**Your objective:** From the records below, print exactly the lines starting at the one containing "filename crates/memory_drill/src/shelf_drill.rt" and ending at the one containing "if self.model.count() == self.model.capacity()", ends included, and nothing else.

____ Provided information

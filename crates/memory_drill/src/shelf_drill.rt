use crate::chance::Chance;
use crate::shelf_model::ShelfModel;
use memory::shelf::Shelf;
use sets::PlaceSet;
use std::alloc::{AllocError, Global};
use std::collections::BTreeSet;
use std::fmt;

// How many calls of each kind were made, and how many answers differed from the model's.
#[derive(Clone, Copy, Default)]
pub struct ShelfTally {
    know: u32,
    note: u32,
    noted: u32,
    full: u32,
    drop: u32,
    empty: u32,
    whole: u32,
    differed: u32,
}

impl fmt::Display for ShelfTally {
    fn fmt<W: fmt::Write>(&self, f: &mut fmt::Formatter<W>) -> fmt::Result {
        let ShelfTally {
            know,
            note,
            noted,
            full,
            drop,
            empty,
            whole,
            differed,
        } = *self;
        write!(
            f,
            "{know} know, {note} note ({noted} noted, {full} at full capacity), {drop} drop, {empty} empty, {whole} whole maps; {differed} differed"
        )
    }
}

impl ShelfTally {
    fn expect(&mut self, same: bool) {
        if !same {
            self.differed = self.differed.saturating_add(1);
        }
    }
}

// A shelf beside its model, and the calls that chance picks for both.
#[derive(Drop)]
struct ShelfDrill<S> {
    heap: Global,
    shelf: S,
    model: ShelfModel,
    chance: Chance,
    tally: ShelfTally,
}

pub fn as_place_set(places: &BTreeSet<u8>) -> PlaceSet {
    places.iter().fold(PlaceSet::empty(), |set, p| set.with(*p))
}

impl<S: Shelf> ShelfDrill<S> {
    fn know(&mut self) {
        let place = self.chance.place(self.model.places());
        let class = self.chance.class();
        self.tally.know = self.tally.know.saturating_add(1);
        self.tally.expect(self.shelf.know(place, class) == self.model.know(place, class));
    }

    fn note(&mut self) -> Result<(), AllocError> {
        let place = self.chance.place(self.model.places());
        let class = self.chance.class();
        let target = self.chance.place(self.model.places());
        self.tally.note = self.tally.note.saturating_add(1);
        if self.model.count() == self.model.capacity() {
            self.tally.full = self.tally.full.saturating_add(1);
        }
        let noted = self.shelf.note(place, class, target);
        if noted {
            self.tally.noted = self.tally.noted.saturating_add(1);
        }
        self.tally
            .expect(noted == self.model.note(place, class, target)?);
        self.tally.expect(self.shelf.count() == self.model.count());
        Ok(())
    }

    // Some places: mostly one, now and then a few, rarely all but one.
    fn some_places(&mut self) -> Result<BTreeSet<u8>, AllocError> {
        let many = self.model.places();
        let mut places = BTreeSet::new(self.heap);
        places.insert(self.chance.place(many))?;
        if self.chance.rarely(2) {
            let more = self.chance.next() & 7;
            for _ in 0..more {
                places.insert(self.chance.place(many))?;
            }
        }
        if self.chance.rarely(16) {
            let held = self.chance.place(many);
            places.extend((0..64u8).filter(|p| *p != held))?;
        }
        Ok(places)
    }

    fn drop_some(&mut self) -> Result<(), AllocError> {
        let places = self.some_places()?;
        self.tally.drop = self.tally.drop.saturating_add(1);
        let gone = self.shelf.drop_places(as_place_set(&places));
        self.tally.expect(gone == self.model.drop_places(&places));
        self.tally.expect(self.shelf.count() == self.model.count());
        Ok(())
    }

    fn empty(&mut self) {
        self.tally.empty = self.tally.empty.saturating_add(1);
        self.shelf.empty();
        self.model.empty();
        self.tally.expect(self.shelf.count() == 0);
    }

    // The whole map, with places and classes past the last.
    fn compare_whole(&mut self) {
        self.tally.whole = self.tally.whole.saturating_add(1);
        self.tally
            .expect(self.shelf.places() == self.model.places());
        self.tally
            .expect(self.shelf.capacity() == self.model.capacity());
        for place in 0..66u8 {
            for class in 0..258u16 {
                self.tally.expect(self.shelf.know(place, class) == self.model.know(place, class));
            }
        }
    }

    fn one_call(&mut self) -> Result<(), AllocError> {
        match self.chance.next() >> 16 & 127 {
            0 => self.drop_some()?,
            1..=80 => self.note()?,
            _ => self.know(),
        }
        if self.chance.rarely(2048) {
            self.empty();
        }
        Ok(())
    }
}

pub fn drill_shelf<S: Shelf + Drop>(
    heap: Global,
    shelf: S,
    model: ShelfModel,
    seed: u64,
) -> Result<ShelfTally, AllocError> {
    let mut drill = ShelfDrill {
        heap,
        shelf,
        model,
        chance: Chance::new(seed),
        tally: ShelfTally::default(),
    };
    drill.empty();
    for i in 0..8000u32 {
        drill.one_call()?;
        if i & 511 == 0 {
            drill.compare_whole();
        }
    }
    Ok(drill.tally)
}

________
____ Provided information

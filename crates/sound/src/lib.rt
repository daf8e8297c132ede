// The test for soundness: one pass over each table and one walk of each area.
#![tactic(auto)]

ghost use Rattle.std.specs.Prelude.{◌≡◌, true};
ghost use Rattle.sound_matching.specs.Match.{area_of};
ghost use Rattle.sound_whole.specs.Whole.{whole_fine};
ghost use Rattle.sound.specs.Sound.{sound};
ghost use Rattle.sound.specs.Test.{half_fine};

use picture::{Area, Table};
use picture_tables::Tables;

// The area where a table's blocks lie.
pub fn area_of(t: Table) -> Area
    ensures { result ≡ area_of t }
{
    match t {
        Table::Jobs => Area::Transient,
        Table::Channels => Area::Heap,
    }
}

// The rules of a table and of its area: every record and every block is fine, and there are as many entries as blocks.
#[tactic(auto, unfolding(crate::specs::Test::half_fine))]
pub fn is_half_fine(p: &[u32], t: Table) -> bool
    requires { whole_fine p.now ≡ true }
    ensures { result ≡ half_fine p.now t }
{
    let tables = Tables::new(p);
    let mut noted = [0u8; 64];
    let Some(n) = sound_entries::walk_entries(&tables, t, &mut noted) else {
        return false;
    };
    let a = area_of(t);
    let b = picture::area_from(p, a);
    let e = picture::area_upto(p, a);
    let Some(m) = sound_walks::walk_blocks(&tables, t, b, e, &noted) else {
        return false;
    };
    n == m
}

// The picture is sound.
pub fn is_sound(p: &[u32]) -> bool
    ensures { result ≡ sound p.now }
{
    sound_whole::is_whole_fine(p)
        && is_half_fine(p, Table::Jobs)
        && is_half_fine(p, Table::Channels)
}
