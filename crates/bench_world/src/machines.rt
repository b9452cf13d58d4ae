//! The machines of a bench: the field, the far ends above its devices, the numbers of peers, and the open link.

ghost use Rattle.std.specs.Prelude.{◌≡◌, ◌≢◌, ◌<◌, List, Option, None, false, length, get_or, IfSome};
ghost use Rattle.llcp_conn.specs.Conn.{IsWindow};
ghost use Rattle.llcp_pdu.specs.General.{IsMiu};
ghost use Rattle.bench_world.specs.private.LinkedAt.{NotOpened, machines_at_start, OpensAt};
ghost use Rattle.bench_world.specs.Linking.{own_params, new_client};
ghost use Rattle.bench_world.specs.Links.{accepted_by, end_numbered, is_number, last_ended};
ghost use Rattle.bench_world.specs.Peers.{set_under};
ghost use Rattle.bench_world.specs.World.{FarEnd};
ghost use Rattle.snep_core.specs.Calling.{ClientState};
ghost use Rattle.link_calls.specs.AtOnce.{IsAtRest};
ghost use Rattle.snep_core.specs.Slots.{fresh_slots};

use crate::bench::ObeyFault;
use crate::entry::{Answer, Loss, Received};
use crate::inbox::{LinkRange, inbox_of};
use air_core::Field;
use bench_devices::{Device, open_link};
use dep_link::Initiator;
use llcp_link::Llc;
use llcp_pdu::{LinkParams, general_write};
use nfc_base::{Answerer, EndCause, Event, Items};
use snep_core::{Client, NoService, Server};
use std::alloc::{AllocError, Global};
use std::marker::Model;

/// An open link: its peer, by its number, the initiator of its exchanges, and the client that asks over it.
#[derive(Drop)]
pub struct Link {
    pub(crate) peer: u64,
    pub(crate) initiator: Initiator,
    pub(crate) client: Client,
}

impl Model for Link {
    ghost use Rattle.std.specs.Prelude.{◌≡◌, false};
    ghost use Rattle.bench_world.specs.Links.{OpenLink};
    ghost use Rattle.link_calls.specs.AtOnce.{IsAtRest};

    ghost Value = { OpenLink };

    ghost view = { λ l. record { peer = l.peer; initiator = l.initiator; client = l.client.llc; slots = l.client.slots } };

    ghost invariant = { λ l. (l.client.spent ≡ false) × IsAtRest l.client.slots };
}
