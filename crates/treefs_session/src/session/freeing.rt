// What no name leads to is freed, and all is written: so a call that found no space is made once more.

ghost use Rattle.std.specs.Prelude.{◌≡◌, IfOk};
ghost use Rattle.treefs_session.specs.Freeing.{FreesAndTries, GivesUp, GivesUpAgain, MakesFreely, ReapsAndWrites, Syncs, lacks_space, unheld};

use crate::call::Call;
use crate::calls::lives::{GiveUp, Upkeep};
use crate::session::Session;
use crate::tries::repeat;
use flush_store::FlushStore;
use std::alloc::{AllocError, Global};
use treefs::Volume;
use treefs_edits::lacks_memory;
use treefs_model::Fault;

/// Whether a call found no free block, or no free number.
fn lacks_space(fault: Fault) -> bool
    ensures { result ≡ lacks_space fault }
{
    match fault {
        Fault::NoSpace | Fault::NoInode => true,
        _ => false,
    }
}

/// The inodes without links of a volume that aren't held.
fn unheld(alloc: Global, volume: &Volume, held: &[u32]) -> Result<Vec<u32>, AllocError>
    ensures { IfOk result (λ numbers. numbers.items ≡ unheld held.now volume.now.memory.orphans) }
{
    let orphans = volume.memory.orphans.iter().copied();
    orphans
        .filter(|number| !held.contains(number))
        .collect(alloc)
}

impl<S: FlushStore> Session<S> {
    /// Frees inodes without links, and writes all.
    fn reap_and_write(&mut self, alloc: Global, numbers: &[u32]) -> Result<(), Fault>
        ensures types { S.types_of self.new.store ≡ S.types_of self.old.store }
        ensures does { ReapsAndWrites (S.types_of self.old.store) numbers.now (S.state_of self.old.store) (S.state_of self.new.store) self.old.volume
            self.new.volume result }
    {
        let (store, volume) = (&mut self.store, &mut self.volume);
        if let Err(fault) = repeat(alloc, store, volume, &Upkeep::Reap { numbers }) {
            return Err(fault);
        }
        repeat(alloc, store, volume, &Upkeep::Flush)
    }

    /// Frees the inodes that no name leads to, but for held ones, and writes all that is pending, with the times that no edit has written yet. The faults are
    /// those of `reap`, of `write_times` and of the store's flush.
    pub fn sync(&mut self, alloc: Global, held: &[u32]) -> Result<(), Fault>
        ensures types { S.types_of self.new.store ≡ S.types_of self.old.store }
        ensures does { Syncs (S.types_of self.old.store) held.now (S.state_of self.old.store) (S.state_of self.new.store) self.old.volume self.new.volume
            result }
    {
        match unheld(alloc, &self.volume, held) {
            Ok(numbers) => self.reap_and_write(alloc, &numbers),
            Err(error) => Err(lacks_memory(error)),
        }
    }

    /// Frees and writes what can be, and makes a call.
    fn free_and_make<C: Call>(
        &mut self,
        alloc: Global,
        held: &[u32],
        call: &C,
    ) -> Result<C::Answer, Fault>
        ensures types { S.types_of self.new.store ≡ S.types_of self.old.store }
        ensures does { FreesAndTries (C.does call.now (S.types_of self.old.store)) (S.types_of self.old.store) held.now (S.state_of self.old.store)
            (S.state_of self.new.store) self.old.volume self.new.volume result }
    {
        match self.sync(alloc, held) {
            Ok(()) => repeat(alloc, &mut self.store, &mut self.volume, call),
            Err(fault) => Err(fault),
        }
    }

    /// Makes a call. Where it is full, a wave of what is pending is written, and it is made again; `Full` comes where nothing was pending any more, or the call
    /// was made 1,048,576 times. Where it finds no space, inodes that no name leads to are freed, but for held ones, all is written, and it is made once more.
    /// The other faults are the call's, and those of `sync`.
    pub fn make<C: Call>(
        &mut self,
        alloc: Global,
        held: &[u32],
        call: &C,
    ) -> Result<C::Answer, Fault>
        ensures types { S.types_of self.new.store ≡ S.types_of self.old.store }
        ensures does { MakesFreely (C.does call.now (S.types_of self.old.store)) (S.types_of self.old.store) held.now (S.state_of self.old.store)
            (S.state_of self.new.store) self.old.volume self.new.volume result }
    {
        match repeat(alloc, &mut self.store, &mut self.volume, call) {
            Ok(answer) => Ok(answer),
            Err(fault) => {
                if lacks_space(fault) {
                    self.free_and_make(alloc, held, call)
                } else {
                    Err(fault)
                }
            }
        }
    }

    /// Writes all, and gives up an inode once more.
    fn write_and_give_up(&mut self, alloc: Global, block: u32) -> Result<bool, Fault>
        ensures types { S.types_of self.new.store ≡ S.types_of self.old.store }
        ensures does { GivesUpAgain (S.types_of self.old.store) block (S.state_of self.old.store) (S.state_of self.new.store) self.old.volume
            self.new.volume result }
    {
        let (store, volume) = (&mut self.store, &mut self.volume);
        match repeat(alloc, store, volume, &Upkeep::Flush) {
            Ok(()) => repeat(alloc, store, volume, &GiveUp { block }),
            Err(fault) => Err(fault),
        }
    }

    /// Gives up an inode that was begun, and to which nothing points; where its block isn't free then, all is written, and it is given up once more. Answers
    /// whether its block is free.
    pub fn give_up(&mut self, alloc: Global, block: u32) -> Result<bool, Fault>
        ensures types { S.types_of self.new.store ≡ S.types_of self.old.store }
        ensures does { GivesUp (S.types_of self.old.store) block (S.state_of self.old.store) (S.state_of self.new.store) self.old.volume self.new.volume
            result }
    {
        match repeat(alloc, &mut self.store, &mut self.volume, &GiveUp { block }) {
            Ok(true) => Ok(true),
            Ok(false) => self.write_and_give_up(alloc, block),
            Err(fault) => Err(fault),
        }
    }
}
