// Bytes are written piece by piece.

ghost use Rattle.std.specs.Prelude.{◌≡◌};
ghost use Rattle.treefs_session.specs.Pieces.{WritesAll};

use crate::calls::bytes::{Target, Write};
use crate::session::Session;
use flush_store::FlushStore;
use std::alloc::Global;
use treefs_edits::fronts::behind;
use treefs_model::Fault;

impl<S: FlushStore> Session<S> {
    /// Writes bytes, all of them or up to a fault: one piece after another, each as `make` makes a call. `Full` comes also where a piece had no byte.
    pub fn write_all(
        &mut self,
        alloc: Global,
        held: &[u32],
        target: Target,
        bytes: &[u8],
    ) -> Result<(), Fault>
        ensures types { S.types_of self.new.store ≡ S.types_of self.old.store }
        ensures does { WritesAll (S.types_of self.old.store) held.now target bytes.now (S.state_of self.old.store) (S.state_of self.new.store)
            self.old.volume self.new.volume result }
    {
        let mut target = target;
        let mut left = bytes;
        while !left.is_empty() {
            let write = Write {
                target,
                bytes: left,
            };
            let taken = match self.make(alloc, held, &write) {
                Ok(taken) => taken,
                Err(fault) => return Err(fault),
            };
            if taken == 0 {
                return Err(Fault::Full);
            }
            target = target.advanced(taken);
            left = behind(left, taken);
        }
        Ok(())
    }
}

________
____ Provided information

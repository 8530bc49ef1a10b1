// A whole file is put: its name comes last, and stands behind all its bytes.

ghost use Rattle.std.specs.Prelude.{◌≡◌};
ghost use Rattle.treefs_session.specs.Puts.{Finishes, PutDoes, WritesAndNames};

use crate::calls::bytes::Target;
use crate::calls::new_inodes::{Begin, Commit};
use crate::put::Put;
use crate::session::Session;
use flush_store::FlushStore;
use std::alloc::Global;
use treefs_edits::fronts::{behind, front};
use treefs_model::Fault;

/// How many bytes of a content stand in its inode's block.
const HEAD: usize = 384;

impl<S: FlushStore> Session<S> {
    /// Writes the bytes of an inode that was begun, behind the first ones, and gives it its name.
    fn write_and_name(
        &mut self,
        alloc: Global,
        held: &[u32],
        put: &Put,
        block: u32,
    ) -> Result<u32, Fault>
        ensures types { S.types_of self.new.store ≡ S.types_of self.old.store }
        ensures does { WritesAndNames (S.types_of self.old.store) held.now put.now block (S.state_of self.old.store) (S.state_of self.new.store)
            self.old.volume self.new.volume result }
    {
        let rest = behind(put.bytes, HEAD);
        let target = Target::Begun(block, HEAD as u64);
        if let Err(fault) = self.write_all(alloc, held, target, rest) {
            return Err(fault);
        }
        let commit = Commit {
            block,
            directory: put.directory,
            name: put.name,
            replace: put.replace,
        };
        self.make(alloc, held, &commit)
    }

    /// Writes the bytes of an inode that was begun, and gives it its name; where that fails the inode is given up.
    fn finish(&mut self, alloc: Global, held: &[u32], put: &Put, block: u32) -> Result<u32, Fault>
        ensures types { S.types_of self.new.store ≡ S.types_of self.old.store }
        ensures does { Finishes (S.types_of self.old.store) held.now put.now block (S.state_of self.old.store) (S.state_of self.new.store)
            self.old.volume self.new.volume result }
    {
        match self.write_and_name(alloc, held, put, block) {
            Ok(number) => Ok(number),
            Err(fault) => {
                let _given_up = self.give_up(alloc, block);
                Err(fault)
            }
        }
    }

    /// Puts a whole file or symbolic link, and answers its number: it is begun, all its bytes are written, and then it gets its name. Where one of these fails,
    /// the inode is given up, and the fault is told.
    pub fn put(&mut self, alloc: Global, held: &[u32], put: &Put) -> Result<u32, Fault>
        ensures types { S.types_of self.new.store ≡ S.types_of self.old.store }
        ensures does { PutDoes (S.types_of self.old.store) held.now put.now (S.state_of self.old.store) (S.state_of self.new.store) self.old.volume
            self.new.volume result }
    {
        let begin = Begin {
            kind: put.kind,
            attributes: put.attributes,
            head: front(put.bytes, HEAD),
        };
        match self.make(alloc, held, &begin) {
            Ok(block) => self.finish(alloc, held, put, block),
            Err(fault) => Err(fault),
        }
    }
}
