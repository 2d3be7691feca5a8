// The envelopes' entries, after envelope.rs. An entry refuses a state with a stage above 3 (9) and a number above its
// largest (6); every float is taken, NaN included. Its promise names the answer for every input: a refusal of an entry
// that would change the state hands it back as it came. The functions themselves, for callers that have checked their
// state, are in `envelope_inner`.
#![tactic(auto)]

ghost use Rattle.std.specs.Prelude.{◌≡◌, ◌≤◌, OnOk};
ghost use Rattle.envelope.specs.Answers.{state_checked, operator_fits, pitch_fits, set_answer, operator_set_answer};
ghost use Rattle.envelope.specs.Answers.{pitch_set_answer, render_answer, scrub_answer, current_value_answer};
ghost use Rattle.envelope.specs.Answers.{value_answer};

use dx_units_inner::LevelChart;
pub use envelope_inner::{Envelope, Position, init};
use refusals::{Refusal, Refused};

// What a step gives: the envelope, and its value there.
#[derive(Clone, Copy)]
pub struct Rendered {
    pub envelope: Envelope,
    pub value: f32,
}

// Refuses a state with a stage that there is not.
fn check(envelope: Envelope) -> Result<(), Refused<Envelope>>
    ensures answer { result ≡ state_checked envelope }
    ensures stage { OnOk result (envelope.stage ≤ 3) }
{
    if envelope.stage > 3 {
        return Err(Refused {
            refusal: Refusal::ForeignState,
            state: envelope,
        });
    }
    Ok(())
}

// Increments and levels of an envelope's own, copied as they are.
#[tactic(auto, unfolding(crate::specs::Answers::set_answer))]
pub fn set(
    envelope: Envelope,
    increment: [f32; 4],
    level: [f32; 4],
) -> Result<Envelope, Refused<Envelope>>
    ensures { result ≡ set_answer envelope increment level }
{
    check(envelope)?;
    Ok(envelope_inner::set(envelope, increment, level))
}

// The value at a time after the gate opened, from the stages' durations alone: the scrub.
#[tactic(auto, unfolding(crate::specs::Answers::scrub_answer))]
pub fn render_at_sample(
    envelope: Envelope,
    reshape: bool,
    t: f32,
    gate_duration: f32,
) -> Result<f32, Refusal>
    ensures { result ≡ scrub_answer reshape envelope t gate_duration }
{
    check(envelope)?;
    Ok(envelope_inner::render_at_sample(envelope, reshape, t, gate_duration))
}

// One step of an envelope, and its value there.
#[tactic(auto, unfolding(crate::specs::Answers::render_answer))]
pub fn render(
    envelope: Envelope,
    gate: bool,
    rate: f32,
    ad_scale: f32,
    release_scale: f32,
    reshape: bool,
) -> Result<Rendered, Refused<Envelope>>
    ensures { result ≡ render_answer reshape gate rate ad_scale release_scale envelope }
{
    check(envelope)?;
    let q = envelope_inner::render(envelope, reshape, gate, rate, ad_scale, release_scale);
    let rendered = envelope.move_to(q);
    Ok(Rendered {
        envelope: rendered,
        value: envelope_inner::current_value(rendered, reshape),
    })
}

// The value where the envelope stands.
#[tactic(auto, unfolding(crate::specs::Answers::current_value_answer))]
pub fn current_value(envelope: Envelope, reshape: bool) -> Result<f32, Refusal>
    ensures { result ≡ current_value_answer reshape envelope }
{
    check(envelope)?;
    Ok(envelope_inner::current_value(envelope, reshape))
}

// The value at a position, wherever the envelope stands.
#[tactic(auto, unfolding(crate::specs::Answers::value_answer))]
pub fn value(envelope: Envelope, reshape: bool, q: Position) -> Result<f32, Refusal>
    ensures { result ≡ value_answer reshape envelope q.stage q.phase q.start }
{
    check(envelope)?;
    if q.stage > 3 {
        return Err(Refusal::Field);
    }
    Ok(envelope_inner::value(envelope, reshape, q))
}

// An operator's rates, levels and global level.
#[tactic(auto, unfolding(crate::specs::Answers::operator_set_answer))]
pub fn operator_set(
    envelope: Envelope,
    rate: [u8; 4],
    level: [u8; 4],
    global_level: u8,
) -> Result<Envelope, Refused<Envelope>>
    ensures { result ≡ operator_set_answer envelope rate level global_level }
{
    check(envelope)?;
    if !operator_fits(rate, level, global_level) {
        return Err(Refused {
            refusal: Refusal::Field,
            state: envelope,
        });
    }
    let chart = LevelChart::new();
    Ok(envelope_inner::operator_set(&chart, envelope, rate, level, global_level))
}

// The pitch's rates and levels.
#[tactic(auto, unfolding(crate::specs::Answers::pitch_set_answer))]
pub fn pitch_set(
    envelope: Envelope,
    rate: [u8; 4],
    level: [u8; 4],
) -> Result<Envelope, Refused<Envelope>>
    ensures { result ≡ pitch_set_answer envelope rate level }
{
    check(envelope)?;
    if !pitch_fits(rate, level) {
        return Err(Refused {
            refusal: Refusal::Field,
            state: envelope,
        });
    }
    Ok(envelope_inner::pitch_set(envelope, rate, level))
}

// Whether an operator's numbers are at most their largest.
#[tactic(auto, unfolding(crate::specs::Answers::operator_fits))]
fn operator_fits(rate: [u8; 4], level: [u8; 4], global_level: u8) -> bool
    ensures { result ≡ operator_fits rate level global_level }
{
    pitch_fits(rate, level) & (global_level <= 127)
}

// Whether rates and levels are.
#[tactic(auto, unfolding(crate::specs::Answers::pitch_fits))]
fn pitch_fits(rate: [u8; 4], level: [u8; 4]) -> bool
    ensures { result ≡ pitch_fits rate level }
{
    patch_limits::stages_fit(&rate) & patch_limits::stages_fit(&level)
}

________

**Result for this exercise:**
filename crates/memory_drill/src/shelf_drill.rt
use crate::chance::Chance;
use crate::shelf_model::ShelfModel;
use memory::shelf::Shelf;
use sets::PlaceSet;
use std::alloc::{AllocError, Global};
use std::collections::BTreeSet;
use std::fmt;

// How many calls of each kind were made, and how many answers differed from the model's.
#[derive(Clone, Copy, Default)]
pub struct ShelfTally {
    know: u32,
    note: u32,
    noted: u32,
    full: u32,
    drop: u32,
    empty: u32,
    whole: u32,
    differed: u32,
}

impl fmt::Display for ShelfTally {
    fn fmt<W: fmt::Write>(&self, f: &mut fmt::Formatter<W>) -> fmt::Result {
        let ShelfTally {
            know,
            note,
            noted,
            full,
            drop,
            empty,
            whole,
            differed,
        } = *self;
        write!(
            f,
            "{know} know, {note} note ({noted} noted, {full} at full capacity), {drop} drop, {empty} empty, {whole} whole maps; {differed} differed"
        )
    }
}

impl ShelfTally {
    fn expect(&mut self, same: bool) {
        if !same {
            self.differed = self.differed.saturating_add(1);
        }
    }
}

// A shelf beside its model, and the calls that chance picks for both.
#[derive(Drop)]
struct ShelfDrill<S> {
    heap: Global,
    shelf: S,
    model: ShelfModel,
    chance: Chance,
    tally: ShelfTally,
}

pub fn as_place_set(places: &BTreeSet<u8>) -> PlaceSet {
    places.iter().fold(PlaceSet::empty(), |set, p| set.with(*p))
}

impl<S: Shelf> ShelfDrill<S> {
    fn know(&mut self) {
        let place = self.chance.place(self.model.places());
        let class = self.chance.class();
        self.tally.know = self.tally.know.saturating_add(1);
        self.tally.expect(self.shelf.know(place, class) == self.model.know(place, class));
    }

    fn note(&mut self) -> Result<(), AllocError> {
        let place = self.chance.place(self.model.places());
        let class = self.chance.class();
        let target = self.chance.place(self.model.places());
        self.tally.note = self.tally.note.saturating_add(1);
        if self.model.count() == self.model.capacity() {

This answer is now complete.